Usabilità e accessibilità di Flash: il progetto ASTRA (ActionScript Toolkit for Rich Applications)

Scritto da Andrea | 21.08.2007

Esce in questi giorni una libreria di oggetti promossa da Yahoo. L’obiettivo è quello di realizzare un set di strumenti utili e testati mediante la tecnologia di casa Adobe. Per maggiori informazioni e per il download:

http://developer.yahoo.com/flash/

Il tema “flash sì, flash no” torna periodicamente in rete. Sappiamo che questa tecnologia ha dei problemi dal punto di vista dell’accessibilità e, se mal utilizzata, anche dell’usabilità. Il monito di Jackob Nielsen di qualche anno fa (sette per la precisione: Flash: 99% Bad) è stato più volte rivisto dallo stesso Nielsen (si veda il suo ultimo testo, Prioritizing Web Usability) e oggi appare sicuramente meno netto di allora.
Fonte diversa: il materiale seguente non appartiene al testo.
//! Entering one more caller.
ghost use Rattle.std.specs.Prelude.{◌≡◌, ◌+◌, ◌<◌, [], None};
ghost use Rattle.ist_core.specs.Enabled.{caller_limit};
ghost use Rattle.ist_core.specs.declared.events.Who.TheVariants.{Maker, Caller as CallerOf};
ghost use Rattle.ist_core.specs.Authors.{IsIdleIn};
ghost use Rattle.ist_rule.specs.Learning.{now};
ghost use Rattle.ist_rule.specs.Seating.{plain};
ghost use Rattle.ist_rows.specs.Rows.{IsCaller, IsAtTable, spares_of, no_spares, held_by};
ghost use Rattle.ist_rows.specs.Entering.{HasEntered};

use crate::callers::Caller;
use ist_layout::CALLERS_PLACE;
use ist_rule::{TreeTable, TreeToken, add, know, split};

/// Enters the next caller. Its number is the count of the callers before it.
///
/// The caller holds no row, has made no call and no event, and has the maker's start pairs, log and
/// stamp. The entering is the last event of that log; all else that the maker knew is as it was.
pub fn enter(table: &TreeTable, maker: &mut TreeToken) -> Caller
    requires same_table { maker.old.view.table ≡ table.now.table }
    requires maker { maker.old.view.who ≡ Maker }
    requires given { maker.old.view.given ≡ maker.old.view.made }
    requires few { maker.old.view.made < caller_limit }
    ensures caller { IsAtTable table.now IsCaller result }
    ensures maker_table { maker.new.view.table ≡ table.now.table }
    ensures number { result.number ≡ maker.old.view.made }
    ensures no_rows { spares_of result ≡ no_spares }
    ensures holds_none { held_by (now result.token.view) result.number ≡ [] }
    ensures idle { IsIdleIn (CallerOf result.number) result.token.view.log }
    ensures token { result.token.view ≡ plain maker.new.view (CallerOf result.number) [] }
    ensures no_calls { result.token.view.calls ≡ [] }
    ensures in_none { result.token.view.pending ≡ None }
    ensures seen { result.token.view.log ≡ maker.new.view.log }
    ensures entered { HasEntered maker.old.view result.number maker.new.view }
    ensures made { (maker.new.view.who ≡ Maker) × (maker.new.view.made ≡ maker.old.view.made + 1) }
    ensures given { maker.new.view.given ≡ maker.new.view.made }
{
    know(maker);
    // Enter. Meets no other's: a table has one maker.
    let number = add(table, maker, CALLERS_PLACE) as u32;
    know(maker);
    let token = split(table, maker);
    Caller {
        token,
        number,
        leaf: None,
        pair: None,
        change: None,
        rebuild: None,
    }
}
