//! The table and its tokens, as contracts see them.
ghost use Rattle.std.specs.Prelude.{◌≡◌, ◌≤◌, ◌^◌};
ghost use Rattle.ist_rule.specs.Faces.{word_count_of};

use crate::view::{About, TreeRule, View};
use atomic_table::{Seat, Table};
use std::alloc::Global;
use std::marker::Model;

/// The words of a tree, shared by the threads that have tokens of it.
///
/// Contracts see which table it is, with its number of words, and its start pairs.
#[derive(Drop)]
pub struct TreeTable {
    pub(crate) table: Table<(), View, About, TreeRule, Global>,
}

impl Model for TreeTable {
    ghost use Rattle.std.specs.Prelude.{◌≡◌, ◌≤◌, ◌^◌};
    ghost use Rattle.ist_rule.specs.Faces.{TableFace, name_of};

    ghost Value = { TableFace };

    ghost view = { λ t. record { table = name_of t.table.shared.table_id; start = t.table.shared.key.start.value.items } };

    ghost invariant = { λ t. (t.table.shared.table_id.words ≡ t.table.shared.key.words)
        × (4 ≤ t.table.shared.key.words) × (t.table.shared.key.words ≤ 2 ^ 28)
        × (t.table.shared.table_id.slots ≡ 0) };
}

/// The token by which one thread steps on the words. It has no bytes.
///
/// Contracts see what the token knows, which table it is of included.
#[derive(Drop)]
pub struct TreeToken {
    pub(crate) seat: Seat<(), View>,
}

impl Model for TreeToken {
    ghost use Rattle.std.specs.Prelude.{◌≡◌, []};
    ghost use Rattle.ist_rule.specs.Rule.{IsSound};
    ghost use Rattle.ist_rule.specs.Faces.{TokenFace, name_of};

    ghost Value = { TokenFace };

    ghost view = { λ s. record { view = s.seat.me.0 } };

    ghost invariant = { λ s. (s.seat.me.1 ≡ []) × IsSound s.seat.me.0
        × (s.seat.me.0.words ≡ s.seat.table_id.words)
        × (s.seat.me.0.table ≡ name_of s.seat.table_id) };
}

/// Returns how many words the table has.
pub fn word_count(table: &TreeTable) -> u64
    ensures value { result ≡ word_count_of table.now }
    ensures within { (4 ≤ result) × (result ≤ 2 ^ 28) }
{
    table.table.word_count() as u64
}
Personalmente tendo a non realizzare siti web in Flash, anche per questioni produttive: i web standard sono senza rivali in quanto a manutenzione. Tuttavia non me la sento di crocifiggere questa tecnologia. Vanno sì evitate le realizzazioni fine a se stesse (le “intro”, per esempio) così come tutte quelle applicazioni per le quali è possibile scegliere un’alternativa basata su standard, ma è indubbio che ad oggi flash è ancora ottimo per andare a coprire quei campi in cui XHTML, CSS e JavaScript ancora arrancano un po’.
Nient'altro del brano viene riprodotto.